# Revenir au fond d'écran d'origine.



## Pimu (14 Août 2006)

Bonjour à tous,

Depuis ce matin plus moyen de changer de fond d'ecran!
Enfin je peux encore le modifier mais au bout de 2mn environ il revient à l'image d'origine, toujours la même, celle de l'ancien fond d'écran.
Hier soir j'ai installé et desinstallé SideTrack1.4.1...
Je suis sur PB 10.4.7 à jour
Y a t il un moyen de revenir au fonctionnement standard (un fichier preference à detruire ou untruc comme ça)?
Merci a tous pour votre aide et bonne journée à tous.

Pierre.M


----------



## Membre supprimé 2 (14 Août 2006)

Hello,

As tu décoché la case "changer toutes les x minutes" dans les préférences systèmes > fonds d'écran ?
Sinon essaies de sélectionner l'une des images d'origine (nature, noir et blanc, abstract) et dis nous ce qui se passe.


----------



## Pimu (15 Août 2006)

Salut,

et désolé pour la réponse tardive...

Alors voilà.
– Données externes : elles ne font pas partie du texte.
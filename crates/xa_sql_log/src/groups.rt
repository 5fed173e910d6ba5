//! The rows of several decisions, in one transaction of the database.
ghost use Rattle.std.specs.Prelude.{◌≡◌, true, length, None, Some, IsSomeAnd, IsTrue, IfOk, OnOk, OnErr, IfErr, ◌≢◌, vec_len, replicate};
ghost use Rattle.std.specs.List.{AllByRecursion, list_any};
ghost use Rattle.std.specs.FinMap.{get};
ghost use Rattle.xa_log.specs.KeySet.{from_list};
ghost use Rattle.sqlite.specs.State.{HasCleanDisk, KeepsCommit, Survives};
ghost use Rattle.sqlite.specs.Held.{state};
ghost use Rattle.xa_base.specs.Branch.{gtrid_eq};
ghost use Rattle.xa_log.specs.Contract.{Makes, FitsRow, IsShutOrSame};
ghost use Rattle.xa_log.specs.Content.{is_new, logged_as, logged_each, with_commits};
ghost use Rattle.xa_sql_log.specs.Rows.{IsLog, content_of};
ghost use Rattle.xa_sql_log.specs.Sql.{AreThereIn, IsOrderly, content_in, MayChange, OnlyReads, HasWritten, HasWrittenAll, MayInsert, MayInsertAll};
ghost use Rattle.xa_log.specs.declared.decision_log.Logged.{Logged};
ghost use Rattle.xa_log.specs.declared.log_fault.LogFault.{LogFault};

use crate::decisions::{find_decision, insert_decision, insert_participants};
use crate::meta::find_incarnation;
use crate::statements::of_store;
use sqlite::{Alter, Connection, Transaction};
use std::alloc::Global;
use xa_base::Gtrid;
use xa_log::{Decision, LogFault, Logged};

/// Whether one of these decisions is of this transaction.
fn is_among(decisions: &[Decision], g: Gtrid) -> bool
    ensures { result ≡ list_any (λ d. gtrid_eq g d.gtrid) decisions.now }
{
    decisions.iter().any(|decision| g == decision.gtrid)
}

/// Whether one of these rows is new.
fn is_any_new(answers: &[Logged]) -> bool
    ensures { result ≡ list_any is_new answers.now }
{
    answers.iter().any(|logged| *logged == Logged::New)
}

/// Whether the row of a transaction is new, where these decisions have theirs.
fn find_after<S: Alter>(
    conn: &mut Connection<S>,
    earlier: &[Decision],
    g: Gtrid,
) -> Result<Logged, LogFault>
    requires { FitsRow g }
    ensures reads { OnlyReads (state S.Store conn.old) (state S.Store conn.new) }
    ensures ok { IsOrderly (state S.Store conn.old) → HasCleanDisk (state S.Store conn.new)
        → IfOk result (λ logged.
        IsSomeAnd (content_in (state S.Store conn.old))
        (λ c. (content_in (state S.Store conn.new) ≡ Some c)
        × (logged ≡ logged_as (with_commits earlier.now c) g))) }
    ensures unspent { IfErr result (λ fault. fault ≢ LogFault.Spent) }
{
    let found = find_decision(conn, g)?;
    if found || is_among(earlier, g) {
        return Ok(Logged::Already);
    }
    Ok(Logged::New)
}

/// Whether the row of each decision is new, at its turn.
fn find_each<S: Alter>(
    conn: &mut Connection<S>,
    alloc: Global,
    decisions: &[Decision],
) -> Result<Vec<Logged>, LogFault>
    requires { AllByRecursion (λ d. FitsRow d.gtrid) decisions.now }
    ensures reads { OnlyReads (state S.Store conn.old) (state S.Store conn.new) }
    ensures ok { IsOrderly (state S.Store conn.old) → HasCleanDisk (state S.Store conn.new)
        → IfOk result (λ list.
        IsSomeAnd (content_in (state S.Store conn.old))
        (λ c. (content_in (state S.Store conn.new) ≡ Some c)
        × (list.items ≡ logged_each decisions.now c))) }
    ensures count { IfOk result (λ list. vec_len list ≡ length decisions.now) }
    ensures unspent { IfErr result (λ fault. fault ≢ LogFault.Spent) }
{
    let mut answers = Vec::with_capacity(alloc, decisions.len())?;
    if decisions.is_empty() {
        // of a log that is shut this fails too
        find_incarnation(conn)?;
        return Ok(answers);
    }
    for (i, decision) in decisions.iter().enumerate() {
        answers.push_reserved(find_after(conn, &decisions[..i], decision.gtrid)?);
    }
    Ok(answers)
}

/// Writes all rows of a transaction that has none.
fn insert_one<S: Alter>(tx: &mut Transaction<'_, S>, decision: &Decision) -> Result<(), LogFault>
    requires fits { FitsRow decision.now.gtrid }
    requires own { AllByRecursion (λ b. b.gtrid ≡ decision.now.gtrid)
        decision.now.participants.items }
    ensures same_reference { tx.new.conn.ghost_name ≡ tx.old.conn.ghost_name }
    ensures written { MayInsert decision.now.gtrid (state S.Store tx.old.conn.now)
        → HasCleanDisk (state S.Store tx.new.conn.now)
        → OnOk result (HasWritten decision.now.gtrid (from_list decision.now.participants.items)
        (content_of (state S.Store tx.old.conn.now).now.trees) (state S.Store tx.new.conn.now)) }
    ensures live { HasCleanDisk (state S.Store tx.new.conn.now)
        → OnOk result (IsTrue (state S.Store tx.old.conn.now).is_open) }
    ensures absent { IsLog (state S.Store tx.old.conn.now).now
        → IsTrue (state S.Store tx.old.conn.now).in_transaction
        → HasCleanDisk (state S.Store tx.new.conn.now) → OnOk result
        (get (content_of (state S.Store tx.old.conn.now).now.trees).decisions
        decision.now.gtrid ≡ None) }
    ensures kept { HasCleanDisk (state S.Store tx.new.conn.now)
        → KeepsCommit (state S.Store tx.old.conn.now) (state S.Store tx.new.conn.now) }
    ensures survives { Survives (state S.Store tx.old.conn.now)
        (state S.Store tx.new.conn.now) (λ _. ⊥) }
    ensures unspent { IfErr result (λ fault. fault ≢ LogFault.Spent) }
{
    insert_decision(tx, decision.gtrid)?;
    insert_participants(tx, decision.gtrid, decision.participants.as_slice())
}

/// Writes all rows of the decisions that are answered as new. One that isn't is refused, by the key of its table.
fn insert_new<S: Alter>(
    tx: &mut Transaction<'_, S>,
    decisions: &[Decision],
    answers: &[Logged],
) -> Result<(), LogFault>
    requires fits { AllByRecursion (λ d. FitsRow d.gtrid) decisions.now }
    requires own { AllByRecursion (λ d.
        AllByRecursion (λ b. b.gtrid ≡ d.gtrid) d.participants.items) decisions.now }
    requires paired { length answers.now ≡ length decisions.now }
    requires some { list_any is_new answers.now ≡ true }
    ensures same_reference { tx.new.conn.ghost_name ≡ tx.old.conn.ghost_name }
    ensures written { HasCleanDisk (state S.Store tx.new.conn.now)
        → MayInsertAll decisions.now answers.now (state S.Store tx.old.conn.now)
        → OnOk result (HasWrittenAll decisions.now answers.now (state S.Store tx.old.conn.now)
        (state S.Store tx.new.conn.now)) }
    ensures kept { HasCleanDisk (state S.Store tx.new.conn.now)
        → KeepsCommit (state S.Store tx.old.conn.now) (state S.Store tx.new.conn.now) }
    ensures survives { Survives (state S.Store tx.old.conn.now)
        (state S.Store tx.new.conn.now) (λ _. ⊥) }
    ensures unspent { IfErr result (λ fault. fault ≢ LogFault.Spent) }
{
    for (i, decision) in decisions.iter().enumerate() {
        if answers[i] == Logged::New {
            insert_one(tx, decision)?;
        }
    }
    Ok(())
}

/// Writes all rows of the decisions that are answered as new, or none of them. If they are written, all were new.
fn write_new<S: Alter>(
    conn: &mut Connection<S>,
    decisions: &[Decision],
    answers: &[Logged],
) -> Result<(), LogFault>
    requires fits { AllByRecursion (λ d. FitsRow d.gtrid) decisions.now }
    requires own { AllByRecursion (λ d.
        AllByRecursion (λ b. b.gtrid ≡ d.gtrid) d.participants.items) decisions.now }
    requires paired { length answers.now ≡ length decisions.now }
    requires some { list_any is_new answers.now ≡ true }
    ensures honest { HasCleanDisk (state S.Store conn.new) → HasCleanDisk (state S.Store conn.old) }
    ensures changes { AreThereIn decisions.now answers.now (state S.Store conn.old)
        → MayChange (with_commits decisions.now) (state S.Store conn.old)
        (state S.Store conn.new) }
    ensures ok { AreThereIn decisions.now answers.now (state S.Store conn.old)
        → IsOrderly (state S.Store conn.old) → HasCleanDisk (state S.Store conn.new)
        → OnOk result (Makes (with_commits decisions.now)
        (content_in (state S.Store conn.old)) (content_in (state S.Store conn.new))) }
    ensures told { AreThereIn decisions.now answers.now (state S.Store conn.old)
        → IsOrderly (state S.Store conn.old) → HasCleanDisk (state S.Store conn.new)
        → OnOk result (IsSomeAnd (content_in (state S.Store conn.old))
        (λ c. answers.now ≡ logged_each decisions.now c)) }
    ensures kept { AreThereIn decisions.now answers.now (state S.Store conn.old)
        → IsOrderly (state S.Store conn.old) → HasCleanDisk (state S.Store conn.new)
        → OnErr result (IsShutOrSame (content_in (state S.Store conn.old))
        (content_in (state S.Store conn.new))) }
    ensures unspent { IfErr result (λ fault. fault ≢ LogFault.Spent) }
{
    if !conn.is_autocommit() {
        return Err(LogFault::Store);
    }
    let mut tx = conn.transaction();
    insert_new(&mut tx, decisions, answers)?;
    of_store(tx.commit())?;
    Ok(())
}

/// Looks for each row, and writes those that are new.
fn write_missing<S: Alter>(
    conn: &mut Connection<S>,
    alloc: Global,
    decisions: &[Decision],
) -> Result<Vec<Logged>, LogFault>
    requires fits { AllByRecursion (λ d. FitsRow d.gtrid) decisions.now }
    requires own { AllByRecursion (λ d.
        AllByRecursion (λ b. b.gtrid ≡ d.gtrid) d.participants.items) decisions.now }
    ensures changes { MayChange (with_commits decisions.now) (state S.Store conn.old)
        (state S.Store conn.new) }
    ensures ok { IsOrderly (state S.Store conn.old) → HasCleanDisk (state S.Store conn.new)
        → OnOk result (Makes (with_commits decisions.now)
        (content_in (state S.Store conn.old)) (content_in (state S.Store conn.new))) }
    ensures answer { IsOrderly (state S.Store conn.old) → HasCleanDisk (state S.Store conn.new)
        → IfOk result (λ list.
        IsSomeAnd (content_in (state S.Store conn.old)) (λ c.
        list.items ≡ logged_each decisions.now c)) }
    ensures unspent { IfErr result (λ fault. fault ≢ LogFault.Spent) }
{
    let answers = find_each(conn, alloc, decisions)?;
    if !is_any_new(answers.as_slice()) {
        return Ok(answers);
    }
    write_new(conn, decisions, answers.as_slice())?;
    Ok(answers)
}

/// So many rows that are new.
fn all_new(alloc: Global, count: usize) -> Result<Vec<Logged>, LogFault>
    ensures ok { IfOk result (λ list. list.items ≡ replicate count Logged.New) }
    ensures unspent { IfErr result (λ fault. fault ≢ LogFault.Spent) }
{
    Ok(vec![in alloc; Logged::New; count]?)
}

/// Decides that these transactions commit. A row that is there keeps its own participants. The rows are written before any
/// look, as if none were there; if they are refused, one may be.
pub(crate) fn commit_all<S: Alter>(
    conn: &mut Connection<S>,
    alloc: Global,
    decisions: &[Decision],
) -> Result<Vec<Logged>, LogFault>
    requires fits { AllByRecursion (λ d. FitsRow d.gtrid) decisions.now }
    requires own { AllByRecursion (λ d.
        AllByRecursion (λ b. b.gtrid ≡ d.gtrid) d.participants.items) decisions.now }
    ensures changes { MayChange (with_commits decisions.now) (state S.Store conn.old)
        (state S.Store conn.new) }
    ensures ok { IsOrderly (state S.Store conn.old) → HasCleanDisk (state S.Store conn.new)
        → OnOk result (Makes (with_commits decisions.now)
        (content_in (state S.Store conn.old)) (content_in (state S.Store conn.new))) }
    ensures answer { IsOrderly (state S.Store conn.old) → HasCleanDisk (state S.Store conn.new)
        → IfOk result (λ list.
        IsSomeAnd (content_in (state S.Store conn.old)) (λ c.
        list.items ≡ logged_each decisions.now c)) }
    ensures unspent { IfErr result (λ fault. fault ≢ LogFault.Spent) }
{
    if decisions.is_empty() {
        return write_missing(conn, alloc, decisions);
    }
    let answers = all_new(alloc, decisions.len())?;
    match write_new(conn, decisions, answers.as_slice()) {
        Ok(()) => Ok(answers),
        Err(LogFault::Store) => write_missing(conn, alloc, decisions),
        Err(fault) => Err(fault),
    }
}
J'utilisais un fond d'écran Apple (Nature/Peony-il plaît tant à ma fille;-) que j'ai essayé de changer pour un autre fond Apple (N&B/Pier). Pas de problème.
Mais de temps en temps sans crier gare le fond revient à Peony.
De plus cela arrive systématiquement lors de la fermeture de cession ou le (re)demarrage de la machine (mais pas en cas de permutation d'utilisateur). Au moment de quitter, après disparition des icones du bureau, le fond d'écran passe à Peony avant fermeture de la cession. Au retour il y est toujours...

Une idée?

Merci encore.

Pierre.M


----------